* [PROBLEM TO WORK ON] Produce the records below again, word for word, but stop after the line that contains "#![tactic(auto)]".

--- START ---

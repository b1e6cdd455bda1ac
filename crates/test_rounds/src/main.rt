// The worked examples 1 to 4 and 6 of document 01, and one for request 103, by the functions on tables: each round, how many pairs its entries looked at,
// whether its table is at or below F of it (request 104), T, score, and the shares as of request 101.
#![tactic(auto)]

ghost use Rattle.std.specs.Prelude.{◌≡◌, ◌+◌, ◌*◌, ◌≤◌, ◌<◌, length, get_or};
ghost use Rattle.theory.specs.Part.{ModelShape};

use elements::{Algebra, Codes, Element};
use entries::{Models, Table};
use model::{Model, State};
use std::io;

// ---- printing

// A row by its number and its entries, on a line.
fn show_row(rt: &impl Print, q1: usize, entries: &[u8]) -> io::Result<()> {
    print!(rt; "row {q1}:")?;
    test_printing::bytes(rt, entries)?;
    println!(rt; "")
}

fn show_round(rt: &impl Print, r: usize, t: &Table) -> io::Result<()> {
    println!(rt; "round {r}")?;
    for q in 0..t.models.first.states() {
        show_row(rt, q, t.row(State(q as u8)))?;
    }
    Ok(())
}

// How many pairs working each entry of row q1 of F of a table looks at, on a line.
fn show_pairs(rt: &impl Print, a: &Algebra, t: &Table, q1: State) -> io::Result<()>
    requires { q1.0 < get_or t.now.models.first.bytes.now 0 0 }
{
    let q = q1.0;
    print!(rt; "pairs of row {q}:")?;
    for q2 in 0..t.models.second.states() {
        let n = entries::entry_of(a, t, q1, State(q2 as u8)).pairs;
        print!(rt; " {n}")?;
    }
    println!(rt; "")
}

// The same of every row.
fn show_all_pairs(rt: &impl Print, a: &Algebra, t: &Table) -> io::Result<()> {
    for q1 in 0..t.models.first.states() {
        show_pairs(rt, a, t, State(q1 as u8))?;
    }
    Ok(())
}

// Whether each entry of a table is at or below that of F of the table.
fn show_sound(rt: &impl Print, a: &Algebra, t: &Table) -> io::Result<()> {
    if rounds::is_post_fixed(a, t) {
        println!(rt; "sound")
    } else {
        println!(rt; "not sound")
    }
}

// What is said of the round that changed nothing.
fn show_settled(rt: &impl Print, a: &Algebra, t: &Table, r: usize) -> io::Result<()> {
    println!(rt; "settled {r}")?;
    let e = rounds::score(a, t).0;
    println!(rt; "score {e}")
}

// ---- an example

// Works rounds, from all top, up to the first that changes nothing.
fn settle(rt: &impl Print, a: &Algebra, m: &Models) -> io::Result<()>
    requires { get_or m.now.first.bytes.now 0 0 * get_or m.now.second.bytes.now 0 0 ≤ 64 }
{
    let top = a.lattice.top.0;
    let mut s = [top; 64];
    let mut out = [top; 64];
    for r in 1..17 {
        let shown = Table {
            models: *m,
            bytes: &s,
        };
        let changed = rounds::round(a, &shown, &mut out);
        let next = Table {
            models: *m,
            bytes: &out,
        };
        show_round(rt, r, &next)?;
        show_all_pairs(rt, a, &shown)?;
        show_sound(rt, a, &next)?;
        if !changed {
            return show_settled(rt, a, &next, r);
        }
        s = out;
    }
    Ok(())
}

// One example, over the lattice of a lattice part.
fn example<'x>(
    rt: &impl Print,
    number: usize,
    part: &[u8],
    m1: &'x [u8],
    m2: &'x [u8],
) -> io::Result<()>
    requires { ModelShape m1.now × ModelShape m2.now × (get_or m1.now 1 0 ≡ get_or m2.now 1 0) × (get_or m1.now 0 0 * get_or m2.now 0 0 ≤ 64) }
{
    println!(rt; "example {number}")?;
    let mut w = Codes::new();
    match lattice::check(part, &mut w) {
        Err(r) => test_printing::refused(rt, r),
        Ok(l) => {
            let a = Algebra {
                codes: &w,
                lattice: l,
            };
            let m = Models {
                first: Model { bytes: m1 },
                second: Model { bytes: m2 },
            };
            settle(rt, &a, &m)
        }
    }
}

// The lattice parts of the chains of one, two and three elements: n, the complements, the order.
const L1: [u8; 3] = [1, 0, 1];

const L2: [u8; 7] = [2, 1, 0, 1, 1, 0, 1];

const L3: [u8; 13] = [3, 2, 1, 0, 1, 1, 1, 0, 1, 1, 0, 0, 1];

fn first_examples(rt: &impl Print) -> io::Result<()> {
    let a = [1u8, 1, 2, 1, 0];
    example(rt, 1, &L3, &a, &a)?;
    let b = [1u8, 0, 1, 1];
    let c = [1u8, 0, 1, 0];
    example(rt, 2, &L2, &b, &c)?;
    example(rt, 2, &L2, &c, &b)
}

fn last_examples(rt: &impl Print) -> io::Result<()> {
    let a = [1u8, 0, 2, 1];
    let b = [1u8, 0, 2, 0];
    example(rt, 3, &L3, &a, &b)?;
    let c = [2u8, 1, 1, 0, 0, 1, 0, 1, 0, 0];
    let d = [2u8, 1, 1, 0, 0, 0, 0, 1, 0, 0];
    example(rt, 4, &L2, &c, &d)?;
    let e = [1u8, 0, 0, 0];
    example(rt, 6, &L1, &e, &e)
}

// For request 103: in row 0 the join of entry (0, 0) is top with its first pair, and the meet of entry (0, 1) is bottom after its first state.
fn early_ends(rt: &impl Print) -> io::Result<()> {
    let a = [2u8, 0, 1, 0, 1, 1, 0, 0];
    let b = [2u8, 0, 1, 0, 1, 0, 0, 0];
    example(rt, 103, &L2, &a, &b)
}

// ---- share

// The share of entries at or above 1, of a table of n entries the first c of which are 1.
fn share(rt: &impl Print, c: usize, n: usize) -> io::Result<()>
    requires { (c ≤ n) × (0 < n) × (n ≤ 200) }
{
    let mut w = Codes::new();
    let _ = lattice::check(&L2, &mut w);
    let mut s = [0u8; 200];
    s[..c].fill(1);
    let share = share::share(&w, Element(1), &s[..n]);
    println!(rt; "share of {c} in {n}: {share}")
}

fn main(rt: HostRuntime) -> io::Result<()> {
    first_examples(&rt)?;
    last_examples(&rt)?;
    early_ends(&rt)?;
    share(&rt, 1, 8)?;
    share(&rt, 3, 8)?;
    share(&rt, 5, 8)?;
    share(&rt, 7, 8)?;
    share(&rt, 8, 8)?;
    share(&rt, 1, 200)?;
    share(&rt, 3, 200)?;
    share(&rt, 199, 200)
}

--- END ---

* [ANSWER SECTION]
repository b1e6cdd455bda1ac
filename crates/test_rounds/src/main.rt
// The worked examples 1 to 4 and 6 of document 01, and one for request 103, by the functions on tables: each round, how many pairs its entries looked at,
// whether its table is at or below F of it (request 104), T, score, and the shares as of request 101.
#![tactic(auto)]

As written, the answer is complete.